Petronas' loathing for his rival, Krispos thought, blinded him to any way of dealing with Skombros but the one that had already shown it did not work. "What would happen if Skombros didn't amuse him, or amused him in the wrong sort of way?" Krispos asked.
"What are you talking about?" Petronas demanded crossly.
For a moment, Krispos had no idea himself. One of the lessons he should have learned from Tanilis was keeping his mouth shut when he had nothing to say. He bent his head in humiliation.
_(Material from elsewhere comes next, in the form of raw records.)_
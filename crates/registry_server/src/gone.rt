//! What is staged of connections that are gone, and who waits for room to stage a body.

ghost use Rattle.std.specs.Prelude.{◌≡◌, ◌⊎◌, ℕ, [], All, None};
ghost use Rattle.registry_server.specs.declared.receipt.Receipt.TheVariants.{Taken};

use crate::connections::Connections;
use registry_holding::Holder;
use registry_service::Service;

impl Connections {
    ghost use Rattle.registry_server.specs.Events.{Carries, IsUnstaged, Leads};
    ghost use Rattle.registry_server.specs.Room.{IsReceived};
    ghost use Rattle.registry_server.specs.Lives.{LivesOn};
    ghost use Rattle.registry_server.specs.Showing.{connected};

    /// What is staged under this number is let go, where the connection is gone.
    fn unstage_if_gone<K: Holder>(&mut self, service: &mut Service<K>, number: u64)
        ensures honest { K.is_honest service.new → K.is_honest service.old }
        ensures same { connected self.new ≡ connected self.old }
        ensures lives { LivesOn self.old self.new }
        ensures leads { K.is_honest service.new → Leads (connected self.old) (K.kept service.old)
            (connected self.new) (K.kept service.new) }
        ensures gone { self.new.gone ≡ self.old.gone }
        ensures unstaged { K.is_honest service.new
            → IsUnstaged (connected self.old).slots (K.kept service.new) number }
        ensures others { K.is_honest service.new → (n : ℕ) → (K.kept service.old).held.stages n ≡ None
            → (K.kept service.new).held.stages n ≡ None }
    {
        self.waiting.note_room();
        match self.place_of(number) {
            None => service.unstage(number),
            Some(_) => {}
        }
    }

    /// What is staged of connections that are gone is let go.
    pub fn let_go<K: Holder>(&mut self, service: &mut Service<K>)
        ensures honest { K.is_honest service.new → K.is_honest service.old }
        ensures same { connected self.new ≡ connected self.old }
        ensures lives { LivesOn self.old self.new }
        ensures leads { K.is_honest service.new → Leads (connected self.old) (K.kept service.old)
            (connected self.new) (K.kept service.new) }
        ensures unstaged { K.is_honest service.new
            → All (IsUnstaged (connected self.old).slots (K.kept service.new)) self.old.gone.items }
        ensures none { self.new.gone.items ≡ [] }
    {
        while let Some(number) = self.gone.pop() {
            self.unstage_if_gone(service, number);
        }
    }

    /// Whether the body in hand of a connection waits for room to be staged. No contract speaks of it.
    pub fn waits_for_stage(&self, number: u64) -> bool {
        match self.under(number) {
            Some(connection) => connection.conversation.waits_for_room(),
            None => false,
        }
    }

    /// Whether the body in hand of a connection is staged. No contract speaks of it.
    pub fn has_stage(&self, number: u64) -> bool {
        match self.under(number) {
            Some(connection) => connection.conversation.has_stage(),
            None => false,
        }
    }

    /// Where room may have been made for a body that waits to be staged, the first of those that wait is to
    /// be looked at again, as if something had come on it.
    pub fn stir_waiting(&mut self)
        ensures stirs { (connected self.new ≡ connected self.old)
            ⊎ ((number : ℕ) × IsReceived Taken number [] (connected self.old) (connected self.new)) }
        ensures leads { Carries (connected self.old) (connected self.new) }
    {
        if let Some(number) = self.waiting.take_due() {
            let _ = self.receive(number, b"");
        }
    }
}
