//! Tokens that are not on the command line, but in a file or on standard input.
ghost use Rattle.std.specs.Prelude.{◌≡◌, ◌||◌, IfOk, IfErr, OnErr, IfSome, codes, is_some};
ghost use Rattle.std.specs.Io.KnownBytes.{Keeps};
ghost use Rattle.clap.specs.Words.{found_of, rows_of, first_of};
ghost use Rattle.registry_orders.specs.Failures.{IsOfWords};
ghost use Rattle.registry_orders.specs.Tokens.{IsTokenFrom, IsNextByte, IsFirstLine, ReadsWithinLine};

use crate::failure::Failure;
use crate::given::text_given;
use crate::options::token_of;
use clap::ArgMatches;
use oci_types::Token;
use std::alloc::Global;
use std::io::Read;

/// The most bytes that are read for a token: those of the longest one, and a line's end.
const MOST_BYTES: u32 = 201;

/// Where a token is read that is not on the command line.
#[derive(Clone, Copy)]
pub enum TokenSource<'a> {
    /// On standard input.
    Input,
    /// In the file at a path.
    File(&'a str),
}

/// Whether a token is given, or where one is read.
pub(crate) fn is_token_given(matches: &ArgMatches) -> bool
    ensures { result ≡ (is_some (first_of (codes "token") (rows_of (found_of matches.now)))
        || is_some (first_of (codes "token-file") (rows_of (found_of matches.now)))) }
{
    text_given(matches, "token").is_some() || text_given(matches, "token-file").is_some()
}

/// Where an order's token is read; none where it is on the command line. The error is that it is given
/// twice, or not at all.
pub fn token_source<'a>(matches: &ArgMatches<'a>) -> Result<Option<TokenSource<'a>>, Failure>
    ensures found { IfOk result (λ source. IfSome source (IsTokenFrom (rows_of (found_of matches.now)))) }
    ensures refused { IfErr result IsOfWords }
{
    match (
        text_given(matches, "token"),
        text_given(matches, "token-file"),
    ) {
        (None, Some(path)) => Ok(Some(TokenSource::File(path))),
        (Some("-"), None) => Ok(Some(TokenSource::Input)),
        (Some(_), None) => Ok(None),
        _ => Err(Failure::InvalidOptions),
    }
}

/// The next byte that a reader gives; none at its end.
fn next_byte<R: Read>(reader: &mut R) -> Result<Option<u8>, Failure>
    ensures given { IfOk result (IsNextByte (R.remaining reader.old) (R.remaining reader.new)) }
    ensures refused { IfErr result IsOfWords }
    ensures spared { OnErr result (Keeps (R.remaining reader.old) (R.remaining reader.new)) }
{
    let mut byte = [0];
    match reader.read(&mut byte) {
        Ok(0) => Ok(None),
        Ok(_) => Ok(Some(byte[0])),
        Err(_) => Err(Failure::InvalidOptions),
    }
}

/// The first line that a reader gives, without its end; `InvalidToken` where it is longer than a token.
fn first_line<R: Read>(alloc: Global, reader: &mut R) -> Result<Vec<u8>, Failure>
    ensures given { IfOk result (λ line.
        IsFirstLine (R.remaining reader.old) (R.remaining reader.new) line.items) }
    ensures refused { IfErr result IsOfWords }
    ensures within { ReadsWithinLine (R.remaining reader.old) (R.remaining reader.new) }
{
    let mut line = Vec::new(alloc);
    for _ in 0..MOST_BYTES {
        match next_byte(reader)? {
            None => return Ok(line),
            Some(b'\n') => return Ok(line),
            Some(byte) => line.push(byte)?,
        }
    }
    Err(Failure::InvalidToken)
}

/// The token that is the first line of what a reader gives, without the line's end. No more is read than
/// that line, and of a longer one than a token's no more than 201 bytes. `InvalidToken` where the line is no
/// token; `InvalidOptions` where reading fails.
pub fn read_token<R: Read>(alloc: Global, reader: &mut R) -> Result<Token, Failure>
    ensures read { IfOk result (IsFirstLine (R.remaining reader.old) (R.remaining reader.new)) }
    ensures refused { IfErr result IsOfWords }
    ensures within { ReadsWithinLine (R.remaining reader.old) (R.remaining reader.new) }
{
    let line = first_line(alloc, reader)?;
    match str::from_utf8(line.as_slice()) {
        Ok(text) => token_of(alloc, text),
        Err(_) => Err(Failure::InvalidToken),
    }
}
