//! What an operator chooses of how requests are answered.
ghost use Rattle.std.specs.Prelude.{◌≡◌, IfOk, IfErr, IfSome, codes};
ghost use Rattle.clap.specs.Words.{found_of, rows_of, first_of};
ghost use Rattle.registry_model.specs.Login.{scheme_text};
ghost use Rattle.registry_orders.specs.Failures.{IsOfWords};
ghost use Rattle.registry_orders.specs.Settings.{IsLoginOf, AreSettingsIn};

use crate::failure::Failure;
use crate::given::{is_given, text_given};
use clap::ArgMatches;
use registry_model::{Scheme, Settings};

/// The scheme that a text names.
fn scheme_named(text: &str) -> Option<Scheme>
    ensures { IfSome result (λ scheme. text.now ≡ scheme_text scheme) }
{
    match text {
        "http" => Some(Scheme::Http),
        "https" => Some(Scheme::Https),
        _ => None,
    }
}

/// The scheme by which clients log in, where that is given.
fn login_given(matches: &ArgMatches) -> Result<Option<Scheme>, Failure>
    ensures found { IfOk result (IsLoginOf (first_of (codes "login") (rows_of (found_of matches.now)))) }
    ensures refused { IfErr result IsOfWords }
{
    let Some(text) = text_given(matches, "login") else {
        return Ok(None);
    };
    match scheme_named(text) {
        Some(scheme) => Ok(Some(scheme)),
        None => Err(Failure::InvalidOptions),
    }
}

/// The settings that were given; without the options the profile's.
pub(crate) fn settings_given(matches: &ArgMatches) -> Result<Settings, Failure>
    ensures found { IfOk result (AreSettingsIn (rows_of (found_of matches.now))) }
    ensures refused { IfErr result IsOfWords }
{
    Ok(Settings {
        login: login_given(matches)?,
        health: is_given(matches, "health"),
    })
}
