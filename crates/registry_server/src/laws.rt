//! What any list of calls comes to, over all connections.

ghost use Rattle.std.specs.Prelude.{◌≡◌, ◌≢◌, ◌+◌, ℕ, List};
ghost use Rattle.registry_model.specs.Keeping.{Kept, state_of};
ghost use Rattle.registry_model.specs.declared.settings.Settings.{Settings};
ghost use Rattle.registry_server.specs.declared.bounds.Bounds.{Bounds};
ghost use Rattle.registry_server.specs.Open.{Open, none};
ghost use Rattle.registry_server.specs.Room.{HoldsWithin, largest, share};
ghost use Rattle.registry_model.specs.Limits.{largest_manifest};
ghost use Rattle.registry_http.specs.Limits.{longest_head};
ghost use Rattle.registry_server.specs.Events.{Event, Passes, OneLedger};
ghost use Rattle.registry_server.specs.Turns.{IsStirred, HasTurn, TurnsTwice};

/// Whatever calls the connections get, in whatever order, from none on, and whatever steps others have the
/// service take between them: there is one list of all that the service did, in the order in which it took
/// effect. Its states are the run of that list. Of each connection the requests in it are those that all
/// bytes which came on it begin with, in their order; and all bytes that went out on it and are still to go
/// out are the texts of the replies to them, and what was said of the next request or the end's text. So the
/// laws of a run hold of all connections together: a team is told, on all its connections, what it would be
/// told alone.
pub fn connections_are_served()
    ensures { (events : List Event) (settings : Settings) (bounds : Bounds) (k : Kept) (u : Open)
        (k' : Kept) → Passes events (none settings bounds) k u k'
        → OneLedger events (state_of k) (state_of k') u }
{}

/// Whatever calls the connections get, they hold no more bytes of requests together than they may: what was
/// given, or where it is more, a share for each that may be open and one largest request. None holds more
/// than its share and one largest request. And if any is open, one of them may hold so much, so that its
/// request can get whole, where its body stays with it. Since this is so after any calls, it is so in every
/// state on the way.
pub fn requests_keep_within_bounds()
    ensures { (events : List Event) (settings : Settings) (bounds : Bounds) (k : Kept) (u : Open)
        (k' : Kept)
        → Passes events (none settings bounds) k u k' → (u.bounds ≡ bounds) × HoldsWithin u }
{}

/// Between two turns of a connection each other one that was to be looked at before the first takes one, or
/// it is gone: none is served twice while another waits.
pub fn none_takes_two_turns_before_another()
    ensures { (events : List Event) (settings : Settings) (bounds : Bounds) (k : Kept) (u : Open) (t : Kept)
        → Passes events (none settings bounds) k u t
        → (n m : ℕ) (between : List Event) (u' : Open) (t' : Kept) → m ≢ n → IsStirred m u.slots
        → TurnsTwice n between u t u' t' → HasTurn m between }
{}

/// What a connection keeps of a request at most: a head, a manifest, and as many bytes as are read at once.
pub fn a_head_and_a_manifest_are_kept()
    ensures { largest ≡ longest_head + largest_manifest + share }
{}
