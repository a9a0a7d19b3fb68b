//! Which connections wait for room to stage a body, in the order in which they began to. No contract speaks
//! of them: a turn that stages nothing is a turn as every other.

use std::alloc::{AllocError, Global};

/// The connections that wait for room to stage a body.
#[derive(Drop)]
pub struct Waiting {
    /// Their numbers, in the order in which they began to wait.
    numbers: Vec<u64>,
    /// Since the first of them was tried last, room may have been made, or another one has become the first.
    due: bool,
}

impl Waiting {
    /// None; takes no memory.
    pub fn new(alloc: Global) -> Waiting {
        Waiting {
            numbers: Vec::new(alloc),
            due: false,
        }
    }

    /// Makes sure that so many can wait.
    pub fn reserve(&mut self, count: usize) -> Result<(), AllocError> {
        self.numbers.reserve(count)
    }

    /// Whether a connection may take room: none waits, or it is the first of them.
    pub fn may_take(&self, number: u64) -> bool {
        match self.numbers.first() {
            Some(first) => *first == number,
            None => true,
        }
    }

    /// A stage was let go.
    pub fn note_room(&mut self) {
        self.due = true;
    }

    /// A connection does not wait, or not any more.
    pub fn remove(&mut self, number: u64) {
        let before = self.numbers.len();
        if before == 0 {
            return;
        }
        self.numbers.retain(|waiting| *waiting != number);
        self.due = self.due || self.numbers.len() < before;
    }

    /// What a connection does behind a turn: whether it waits, and whether it let a stage go.
    pub fn note_turn(&mut self, number: u64, waits: bool, let_go: bool) {
        self.due = self.due || let_go;
        if !waits {
            self.remove(number);
        } else if !self.numbers.contains(&number) {
            // (there is room for it since it came)
            let _ = self.numbers.push(number);
        }
    }

    /// The first of them, where room may have been made since it was tried last.
    pub fn take_due(&mut self) -> Option<u64> {
        if !self.due {
            return None;
        }
        self.due = false;
        self.numbers.first().copied()
    }
}
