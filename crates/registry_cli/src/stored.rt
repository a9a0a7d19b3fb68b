//! The program over the tables of databases. The layers are each generic in one piece of a store's type,
//! which keeps their proofs small.
ghost use Rattle.std.specs.Prelude.{◌<◌, ◌≤◌, true, map};
ghost use Rattle.sqlite.specs.Files.{over_files};
ghost use Rattle.registry_opening.specs.Openings.{between};
ghost use Rattle.registry_orders.specs.Outputs.{output};
ghost use Rattle.registry_tasks.specs.Acts.{acts};
ghost use Rattle.registry_tasks.specs.Program.{streams};
ghost use Rattle.registry_program.specs.Running.{RunsWords, IsSparedFor};
ghost use Rattle.registry_store.specs.Kept.{IsHonest, shown};

use registry_checking::Watch;
use registry_opening::Opener;
use registry_program::run_words;
use registry_store::{Ours, Reclaim, Store};
use registry_tasks::Messenger;
use sqlite::{Alter, FileStore};
use sqlite_disk::Disk;
use std::convert::AsStr;
use std::io::{Read, Write};

/// `run_words` over the tables of databases, with the bytes of contents where `C` keeps them.
fn run_over<
    S: Alter,
    C: Reclaim,
    O: Opener<Store<S, Ours, C>>,
    M: Messenger,
    V: Watch,
    T: AsStr,
    R: Read,
    W: Write,
    E: Write,
>(
    rt: &HostRuntime,
    opener: &mut O,
    messenger: &mut M,
    watch: &V,
    words: &[T],
    reader: &mut R,
    out: &mut W,
    err: &mut E,
) -> u8
    ensures runs { RunsWords
        (acts (between (IsHonest S.Store C.Contents true) (shown S.Store C.Contents)
        O.opens (O.had opener.old) (O.had opener.new)) (M.had messenger.old) (M.had messenger.new))
        (map T.text words.now) result
        (streams (R.remaining reader.old) (R.remaining reader.new)
        (W.contents out.old) (W.contents out.new))
        (output (E.contents err.old) (E.contents err.new)) }
    ensures refused { 0 < result → result < 3
        → IsSparedFor (map T.text words.now)
        (streams (R.remaining reader.old) (R.remaining reader.new)
        (W.contents out.old) (W.contents out.new)) }
    ensures status { result ≤ 4 }
{
    run_words(rt, opener, messenger, watch, words, reader, out, err)
}

/// Does what the words behind the program's name say, over databases in files, with these ends for standard
/// input, output and error; gives the exit status, as `run_words` does.
pub fn run_in_files<
    D: Disk,
    C: Reclaim,
    O: Opener<Store<FileStore<D>, Ours, C>>,
    M: Messenger,
    V: Watch,
    T: AsStr,
    R: Read,
    W: Write,
    E: Write,
>(
    rt: &HostRuntime,
    opener: &mut O,
    messenger: &mut M,
    watch: &V,
    words: &[T],
    reader: &mut R,
    out: &mut W,
    err: &mut E,
) -> u8
    ensures runs { RunsWords
        (acts (between (IsHonest (over_files {g = D.Disk}) C.Contents true)
        (shown (over_files {g = D.Disk}) C.Contents)
        O.opens (O.had opener.old) (O.had opener.new)) (M.had messenger.old) (M.had messenger.new))
        (map T.text words.now) result
        (streams (R.remaining reader.old) (R.remaining reader.new)
        (W.contents out.old) (W.contents out.new))
        (output (E.contents err.old) (E.contents err.new)) }
    ensures refused { 0 < result → result < 3
        → IsSparedFor (map T.text words.now)
        (streams (R.remaining reader.old) (R.remaining reader.new)
        (W.contents out.old) (W.contents out.new)) }
    ensures status { result ≤ 4 }
{
    run_over::<FileStore<D>, C, O, M, V, T, R, W, E>(
        rt, opener, messenger, watch, words, reader, out, err,
    )
}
Humiliation ... he remembered how he'd felt when he was just a youth, when a couple of village wits lampooned his wrestling in a Midwinter's Day skit. "How would Anthimos like the whole city laughing at his vestiarios? It's only a couple of weeks to Midwinter's Day, after all."
"What does that have to do with—" Petronas suddenly caught up with Krispos. "By the good god, so it is. So you want to make him look ridiculous, do you? Why not? He is." The Sevastokrator's eyes lit up. As soon as he saw his objective, he planned how to reach it with a soldier's directness. "Anthimos has charge of the Amphitheater skits. They entertain him, so he Pays attention to them. All the same, I expect I can slide a new one into the list without his noticing. Have to give it an innocuous title so that even if he does spot it, he won't think anything of it. Have to find mimes who aren't already engaged. And costumes—curse it, can we get costumes made in time?"
"We have to figure out what the mimes are going to do, too," Krispos pointed out.
"Aye, that's true, though Phos knows there's plenty to say about the eunuch."
"Let me get Mavros," Krispos said. "He has an ear for scandal."
"Does he?" Petronas all but purred. "Yes, go fetch him—at once."
"Now this," Mavros said, "is what I call an Amphitheater."
He craned his neck to peer around and up. "Only trouble is, I feel like I'm at the bottom of a soup bowl full of people," Krispos answered. Fifty thousand, seventy, ninety—he was not sure how many people the enormous oval held. However many it was, they were all here today. No one wanted to miss the Midwinter's Day festivity.
"I'd sooner be at the bottom than the top," Mavros said. "Who has better seats than we do?" They were in the very first row, right by what was a racecourse most of the time but would serve as an open-air stage today.
"There's always the people on the spine." Krispos pointed to the raised area in the center of the track.
Mavros snorted. "You're never satisfied, are you?" The spine was reserved for the Avtokrator, the Sevastokrator, the patriarch, and the chief ministers of the Empire. Krispos saw Skombros there, not far from Anthimos; the vestiarios was conspicuous for his bulk and his beardless cheeks. The only men on the spine who were not high lords or prelates were the axe-toting Halogai of the imperial guard. Mavros nodded toward them. "See? They don't even get to sit down. Me, I'd rather be comfortable here."